Exercise :: What is the number of lines in these entries that include "behind"? Write that number and no other text.

Records excerpted from a collection:

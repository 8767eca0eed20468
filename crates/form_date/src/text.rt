// Dates and zones.
ghost use Rattle.std.specs.Prelude.{◌%◌, [], ◌∷◌};
ghost use Rattle.put.specs.Wrote.{held, Puts, PutsFields};
ghost use Rattle.form.specs.Values.{if_there};
ghost use Rattle.form_date.specs.Dates.{six_text};
ghost use Rattle.form_date.specs.Values.{day_field, hours_field, minutes_field, month_field, six_field, year_field};
ghost use Rattle.form_date.specs.Zone.{four_text, hours_text};

use crate::{Date, Zone, split};
use form::Maybe;

fn put_six(out: &mut [u8], at: usize, day: u32, month: u32, year: u32) -> usize
    ensures { Puts (held at out.old) (six_text day month year) (held result out.new) }
{
    let a0 = put::put_two(out, at, day);
    let a1 = put::put_two(out, a0, month);
    put::put_two(out, a1, year % 100)
}

// `150624`: a date in one field.
pub fn six(out: &mut [u8], at: usize, d: Date) -> usize
    ensures { PutsFields (held at out.old) (six_field d ∷ []) (held result out.new) }
{
    let a = put::put(out, at, 44);
    if d.there {
        return put_six(out, a, d.day, d.month, d.year);
    }
    a
}

// `15,06,2024`: a date in three fields.
pub fn three(out: &mut [u8], at: usize, d: Date) -> usize
    ensures { PutsFields (held at out.old) (day_field d ∷ month_field d ∷ year_field d ∷ []) (held result out.new) }
{
    let there = d.there;
    let a0 = form_number::text::two(
        out,
        at,
        Maybe {
            there,
            value: d.day,
        },
    );
    let a1 = form_number::text::two(
        out,
        a0,
        Maybe {
            there,
            value: d.month,
        },
    );
    form_number::text::four(
        out,
        a1,
        Maybe {
            there,
            value: d.year,
        },
    )
}

fn put_hours(out: &mut [u8], at: usize, z: i32) -> usize
    ensures { Puts (held at out.old) (hours_text z) (held result out.new) }
{
    let a = put::put_sign(out, at, z);
    put::put_two(out, a, split::hours(z))
}

fn put_zone(out: &mut [u8], at: usize, z: i32) -> usize
    ensures { Puts (held at out.old) (four_text z) (held result out.new) }
{
    let a = put_hours(out, at, z);
    put::put_two(out, a, split::minutes(z))
}

// `-0330`: a zone in one field.
pub fn zone_four(out: &mut [u8], at: usize, z: Zone) -> usize
    ensures { PutsFields (held at out.old) (if_there z.there (four_text z.minutes) ∷ []) (held result out.new) }
{
    let a = put::put(out, at, 44);
    if z.there {
        return put_zone(out, a, z.minutes);
    }
    a
}

// `-03`
fn hours(out: &mut [u8], at: usize, z: Zone) -> usize
    ensures { PutsFields (held at out.old) (hours_field z ∷ []) (held result out.new) }
{
    let a = put::put(out, at, 44);
    if z.there {
        return put_hours(out, a, z.minutes);
    }
    a
}

// `-03,30`: a zone in two fields.
pub fn zone(out: &mut [u8], at: usize, z: Zone) -> usize
    ensures { PutsFields (held at out.old) (hours_field z ∷ minutes_field z ∷ []) (held result out.new) }
{
    let a = hours(out, at, z);
    let value = split::minutes(z.minutes);
    form_number::text::two(
        out,
        a,
        Maybe {
            there: z.there,
            value,
        },
    )
}
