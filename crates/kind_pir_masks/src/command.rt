// PIRSR: the GPS and GLONASS masks; an empty one is not changed.
ghost use Rattle.std.specs.Prelude.{◌≡◌};
ghost use Rattle.fields.specs.Parts.{parts_of};
ghost use Rattle.frame.specs.Written.{fault_at, Writes};
ghost use Rattle.numbers.specs.Told.{gives, Tells};
ghost use Rattle.kind_pir_masks.specs.Command.{pirsr_at, pirsr_body, pirsr_fields, pirsr_from, pirsr_numbers, pirsr_told, pirsr_wrong};

use fields::Fields;
use form::Maybe;
use form::from_numbers::FromNumbers;
use form::got::Got;
use frame::Written;
use frame::record::Record;
use numbers::Told;

// Satellite masks to set; a missing one is not changed.
#[derive(Clone, Copy)]
pub struct MasksAsked {
    pub gps: Maybe,
    pub glonass: Maybe,
}

// Lays the numbers of a record, in the order of docs/LAYOUT.md.
fn lay(out: &mut [i64], r: MasksAsked) -> Told
    ensures { Tells (gives out.old 10 (pirsr_numbers r)) result out.new }
{
    let v = [
        r.gps.there as i64,
        r.gps.value as i64,
        r.glonass.there as i64,
        r.glonass.value as i64,
    ];
    numbers::tell(out, 10, &v)
}

// The record that numbers say; a number past the end is taken as 0.
pub fn at(n: &[i64]) -> MasksAsked
    ensures { result ≡ pirsr_at n.now }
{
    MasksAsked {
        gps: Maybe::at(n, 0),
        glonass: Maybe::at(n, 2),
    }
}

// Lays the record, or refuses the first wrong field.
fn pirsr_from(out: &mut [i64], gps: Got, glonass: Got, third: u8) -> Told
    ensures { Tells (pirsr_from out.old gps glonass third) result out.new }
{
    let w3 = form::keep::near(2, third, 0);
    let w2 = form::keep::near(1, glonass.wrong, w3);
    let w1 = form::keep::near(0, gps.wrong, w2);
    if w1 != 0 {
        return numbers::refuse(5, w1);
    }
    lay(
        out,
        MasksAsked {
            gps: gps.into(),
            glonass: glonass.into(),
        },
    )
}

// Reads the fields of a body, and lays the numbers of the record at the start of `out`. Refused: 4 where there are not so many
// fields as the kind has, 5 at the first wrong field, 8 where `out` is shorter than the record; then `out` is left.
//
//     $PIRSR,7FFEFFFF,FFFFFE,*17
pub fn read(out: &mut [i64], f: Fields) -> Told
    ensures { Tells (pirsr_told out.old f.entry.count (parts_of f.entry)) result out.new }
{
    if f.count != 3 {
        return numbers::refuse(4, 0);
    }
    let gps = form_mask::read::satellites(f.at(1), 8);
    let glonass = form_mask::read::satellites(f.at(2), 6);
    let third = form::unit::empty(f.at(3));
    pirsr_from(out, gps, glonass, third)
}

// The first value outside its range, by the number of its field, or 0.
fn wrong(r: MasksAsked) -> usize
    ensures { result ≡ pirsr_wrong r }
{
    let w2 = form::keep::near(1, form::range::maybe(r.glonass, 0, 16777215), 0);
    form::keep::near(0, form::range::maybe(r.gps, 0, 4294967295), w2)
}

impl Record for MasksAsked {
    ghost fault = { λ r. fault_at (pirsr_wrong r) };

    ghost texts = { pirsr_fields };

    fn fault(self) -> Written {
        frame::fault(wrong(self))
    }

    fn put_fields(self, out: &mut [u8], at: usize) -> usize {
        let a0 = form_mask::text::eight(out, at, self.gps);
        let a1 = form_mask::text::six(out, a0, self.glonass);
        form::text::empty(out, a1)
    }
}

// Writes the line of a record into `out`, and answers its length. Refused: 5 at the first value outside its
// range, 8 where `out` is shorter than the line.
//
//     $PIRSR,7FFEFFFF,FFFFFE,*17
pub fn write(out: &mut [u8], r: MasksAsked) -> Written
    ensures { Writes (fault_at (pirsr_wrong r)) (pirsr_body r) out.old result out.new }
{
    frame::record::write_maker(out, b"PIRSR", r)
}
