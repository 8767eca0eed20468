// Texts in one text, with a byte between each two that divides them.
ghost use Rattle.std.specs.Prelude.{◌≡◌, ◌≤◌, length, drop};
ghost use Rattle.words.specs.Nth.{behind, nth};

// The place behind the byte `d` that is number `n` of its kind in `s`.
fn start(s: &[u8], d: u8, n: usize) -> usize
    ensures { (result ≤ length s.now) × (drop result s.now ≡ behind d n s.now) }
{
    let mut k = n;
    for (i, &b) in s.iter().enumerate() {
        if k == 0 {
            return i;
        }
        if b == d {
            k -= 1;
        }
    }
    s.len()
}

// Text `n` of `s`, counted from 0; nothing where there are not so many.
pub fn nth_of<'a>(s: &'a [u8], d: u8, n: usize) -> &'a [u8]
    ensures { result.now ≡ nth d n s.now }
{
    let from = start(s, d, n);
    let rest = &s[from..];
    let width = digits::find(rest, d);
    &rest[..width]
}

Output for this task :: 3